An LLM produces tool-call arguments through generation, not through a type system, and generation is not reliable. The arguments may be wrong in type, out of range, or assembled in a combination that violates business rules. A pre-execution validation gate intercepts the call before it reaches the tool: a schema pass confirms each argument conforms to the declared JSON Schema, and a policy pass confirms the argument combination is permitted for this agent and this action. The tool executes only when both passes clear.
Role-Based Access Control (RBAC) assigns every agent identity a named role that sets the outer limit on what it can reach. Attribute-Based Access Control (ABAC) narrows individual decisions inside that role by evaluating contextual attributes at request time. Used together, they enforce least privilege for non-human identities: the agent can only do what its role permits, and only when the request attributes satisfy the policy.
An agent produces code, configuration files, tool-call payloads, and log records continuously and at a rate no human reviewer can match. Any of those artefacts may contain a live API key, service token, or private certificate, placed there accidentally through model context, or deliberately through prompt injection or context poisoning. Secret scanning places an inspection gate at every agent output seam: regex patterns match known token formats, entropy analysis detects arbitrary high-entropy strings, and validator calls confirm which candidates are live credentials.

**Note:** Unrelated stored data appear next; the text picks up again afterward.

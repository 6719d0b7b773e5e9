//! The statements of clauses, one behind the other.

ghost use Rattle.std.specs.Prelude.{◌≡◌, ◌+◌, length, IfOk};
ghost use Rattle.continuations.specs.Loads.{Adds};
ghost use Rattle.continuations.specs.Resuming.{Begins, Keeps};
ghost use Rattle.continuations.specs.Invariant.{running};
ghost use Rattle.step_statements.specs.Clauses.{falling};

use crate::clauses::next_statement;
use continuations::{Continuation, Control, Stack};
use flow_text::OutOfMemory;
use js_ast::Clause;

/// The statements of the first clause from a number on, and then those of the other clauses.
pub(crate) fn fall<'p, T: Copy>(
    stack: &mut Stack<'p, T>,
    clauses: &'p [Clause],
    number: u32,
) -> Result<Control<'p>, OutOfMemory>
    requires loose { length stack.old.loose ≡ 0 }
    ensures goes_on { IfOk result (Begins (λ tables inputs set functions e. falling tables inputs set functions number clauses.entry.now e.env) stack.old stack.new) }
    ensures keeps { IfOk result (Keeps stack.old stack.new) }
    ensures still { IfOk result (λ move. running move ≡ 0) }
    ensures adds { IfOk result (Adds 6 stack.old stack.new) }
{
    let Some(found) = next_statement(clauses, number) else {
        return Ok(Control::Done);
    };
    let behind = one_more(found.number)?;
    stack.push(Continuation::Falls(found.clauses, behind))?;
    Ok(Control::Stmt(found.statement))
}

/// The next number.
pub(crate) fn one_more(number: u32) -> Result<u32, OutOfMemory>
    ensures { IfOk result (λ next. next ≡ number + 1) }
{
    number.checked_add(1).ok_or(OutOfMemory)
}
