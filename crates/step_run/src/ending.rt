//! How runs end, and which of their lines are shown.

use flow_frames::Rule;
use flow_text::Text;
use origin_labels::OriginList;
use run_state::Leaving;

/// How a run ends.
#[derive(Drop)]
pub enum Ending {
    /// It reached the end of the script.
    Done,
    /// An exception left the script: its value's type and text, or its class and name.
    Threw {
        shown: Text,
    },
    /// A flow rule stopped it: what it needs isn't within what it has.
    Stopped {
        rule: Rule,
        need: OriginList,
        have: OriginList,
    },
    /// It left the language.
    Left(Leaving),
    /// Its turns are spent.
    OutOfTurns,
    /// A line couldn't be put.
    WriteFault,
    OutOfMemory,
}

/// Which lines of a run are put.
#[derive(Drop)]
pub enum Show {
    All,
    /// Those on the channels that an observer of these origins sees.
    Only(OriginList),
}
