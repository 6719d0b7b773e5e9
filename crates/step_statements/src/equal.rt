//! Strict equality of values (ECMA-262 11.9.6).

ghost use Rattle.std.specs.Prelude.{◌≡◌, Ok};
ghost use Rattle.js_ast.specs.declared.operators.BinaryOperator.TheVariants as operator;
ghost use Rattle.js_number.specs.declared.primitive.Primitive.TheVariants as prims;
ghost use Rattle.es_meaning.specs.Operators.{binary_of};

use js_number::strict_equal;
use js_values::Value;

/// `left === right`.
#[tactic(auto, unfolding(es_meaning::specs::Operators::binary_of))]
pub(crate) fn same(left: &Value, right: &Value) -> bool
    ensures { binary_of operator.StrictEqual left.now right.now ≡ Ok (prims.Bool result) }
{
    match (left, right) {
        (Value::Primitive(left), Value::Primitive(right)) => strict_equal(left, right),
        (Value::Object(left), Value::Object(right)) => left.0 == right.0,
        _ => false,
    }
}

The CI-secret-scanning pattern is mature; the agentic specialisation is seam placement, moving the scanner from the repository gate to the agent egress point, where artefacts can be intercepted before they reach any downstream system.
An agent identity backed by a long-lived bearer token grants access for as long as that token remains valid. If the token is stolen, logged, or extracted from a running process, the attacker holds working credentials for weeks or months without any further action. Short-lived tokens address this by issuing credentials with a time-to-live measured in minutes or hours, automated and renewed by the platform rather than a human. When a token expires, access ends: the attacker must win the renewal process as well, which requires compromising a harder target than the token itself.
Each tool in an agent's catalog should expose only the methods, resources, and parameter ranges its designated role requires. Over-broad tool surfaces let individually authorised primitives compose into actions no human intended to grant; narrowing the scope at design time reduces both the attack surface and the blast radius of any compromise.
An agent acts on behalf of the user, but nothing in a standard OAuth bearer token records what the user actually approved. If the agent's planning is manipulated, it can invoke tools with parameters the user never sanctioned, while presenting credentials that look valid. Intent attestation fixes this by issuing a short-lived signed token that encodes the exact action and parameter envelope the user authorised, and requiring the resource server to verify that envelope before executing the call.